A rather strong assumption underlying the analysis is that of perfect genotyping. This is of course not the case in a real investigation. The limitation imposed by this assumption varies with the conditions. If the marker method is combined with a physical method as in McCarroll et al,10 it is a very limited problem. A deletion is then confirmed when the two methods both indicate a deletion. If several adjacent markers indicate a deletion, its existence can be inferred with great certainty without independent confirmation. The most critical situation is then when a single marker in a single generational step indicates a null-allele. Then, genotyping errors, deletions and other null alleles cannot be distinguished. This problem can be accounted for in a number of ways. One is to introduce probabilities for genotyping errors. Such an approach is presented for trios by Amos et al21 A problem with this method is that it relies on estimates of genotyping errors. An alternative way would be to re-type interesting SNPs both with the same set of primers and with newly designed primers. If the pattern is repeated with the original primers, a genotyping error can be excluded whereas differentiation between deletions and other null-alleles is not possible. If newly designed primers also indicate a null-allele it is with great certainty a deletion.

An important problem when planning a study is whether it is more efficient to increase the size of the pedigrees by adding grandparents or to sample more children. We showed that addition of children to the pedigree is more efficient. This result is both surprising and encouraging, because it is much easier to collect information from additional children rather than a grandparent, since the grandparents may no longer be living. However, for other purposes, it might be better to have a design with grandparents since they would provide additional founder chromosomes and also make inferences about haplotypes more accurate.

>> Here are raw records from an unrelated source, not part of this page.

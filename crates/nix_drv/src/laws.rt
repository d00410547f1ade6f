//! Laws of texts, answers and own paths, proved from the definitions that contracts use.

ghost use Rattle.nix_drv.specs.Grammar.{Grammar, IsClear};
ghost use Rattle.nix_drv.specs.Laws.{HasOneTextEach, HasOneValueEach, HasNoTextWithin, OrderMeansRising, PrefixesBeginTexts, HasOneDerivationEach, HasNoDerivationWithin, HasOneReading, HasOneCheck};
ghost use Rattle.nix_drv.specs.Derivation.{derivation_form};
ghost use Rattle.nix_drv.specs.Equality.{EqualDerivationsAreSame};
ghost use Rattle.nix_drv.specs.Outcome.{ReadsBack};
ghost use Rattle.nix_drv.specs.OwnPath.{HasOneOwnPath};

/// In every clear grammar, each value has one text, each text has one value, and no text begins
/// another. The grammar of derivations is clear.
pub fn texts_tell_values()
    ensures one_text { (g : Grammar) → HasOneTextEach g }
    ensures one_value { (g : Grammar) → IsClear g → HasOneValueEach g }
    ensures none_within { (g : Grammar) → IsClear g → HasNoTextWithin g }
    ensures derivations { IsClear derivation_form }
{}

/// Some bytes are a prefix by a grammar exactly where the text of some value begins with them. So
/// the longest prefix of an input is its longest beginning with which a text begins.
pub fn prefixes_begin_texts()
    ensures { (g : Grammar) → PrefixesBeginTexts g }
{}

/// No two derivations have the same text, and no derivation's text begins another's, whether or not
/// they keep the order rules.
pub fn texts_tell_derivations()
    ensures one_derivation { HasOneDerivationEach }
    ensures none_within { HasNoDerivationWithin }
{}

/// Two answers that the contract of `read` allows for one input are the same. Two answers that the
/// contract of `check_text` allows for the same bytes at a path say the same. Want of memory is
/// excepted in both.
pub fn inputs_have_one_answer()
    ensures reading { HasOneReading }
    ensures check { HasOneCheck }
{}

/// A value keeps the order rules exactly where, in each of its lists that must rise, each key is
/// less by bytes than the next one.
pub fn order_means_rising()
    ensures { (g : Grammar) → OrderMeansRising g }
{}

/// For a derivation's text within the limit, the contract of `read` allows no answer but that
/// derivation and want of memory.
pub fn written_texts_are_read_back()
    ensures { ReadsBack }
{}

/// A derivation's text has at most one own path in a folder, under a name.
pub fn text_has_one_own_path()
    ensures { HasOneOwnPath }
{}

/// Two derivations are equal by `==` exactly where they are the same.
pub fn equal_derivations_are_same()
    ensures { EqualDerivationsAreSame }
{}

The result that larger families are more efficient in spite of the overall smaller number of founder-chromosomes might seem surprising. However, it is only when a null-allele is transmitted from a typed parent to a typed child that detection is possible. Thus, the relevant comparison between experimental designs is to count the total number of transmitted chromosomes that can be observed. In a duo, only one transmitted chromosome can be observed per family. If the total number of investigated individuals is nT, then a total of 0.5nT transmitted chromosomes can be observed. If trios are used, nT/3 families can be studied but they represent two transmitted chromosomes each. Thus (nT/3)2≈0.67nT transmitted chromosomes are observed in total. In a tetra, there are three transmissions but only two of them definitely represent founder chromosomes. The third is a founder chromosome with the probability 0.5 and an already observed chromosome with the probability 0.5. A retransmission is of course less informative than the transmission of a founder chromosome but is still useful since it is possible to miss a deletion in the first transmission and detect it in the second. The relative value of a retransmission depends on the allele frequencies of the loci involved but if we arbitrarily assign a value of 0.5, the expected number of transmissions within a tetra is 2+0.5 × 1+0.5 × 0.5=2.75. Under this assumption, the expected total number of observable transmitted chromosomes using tetras will be (nT/4)2.75≈0.69nT. Using the same assumption, a pento represents 3.5-transmitted chromosomes and as a consequence the total number will be (nT/5)3.5=0.70nT. These calculations give an explanation of both why larger families tend to be more efficient and also why the largest jump in efficiency occurs between duos and trios. If the same calculation is made for a nuclear family with two children, the expected number will be 2+0.25 × 2+0.5 × 1.5+0.25 × 1=3.5, yielding a total of (nT/4)3.5≈0.88nT chromosomes, which is compatible with the observations above that adding children is more efficient than adding parents.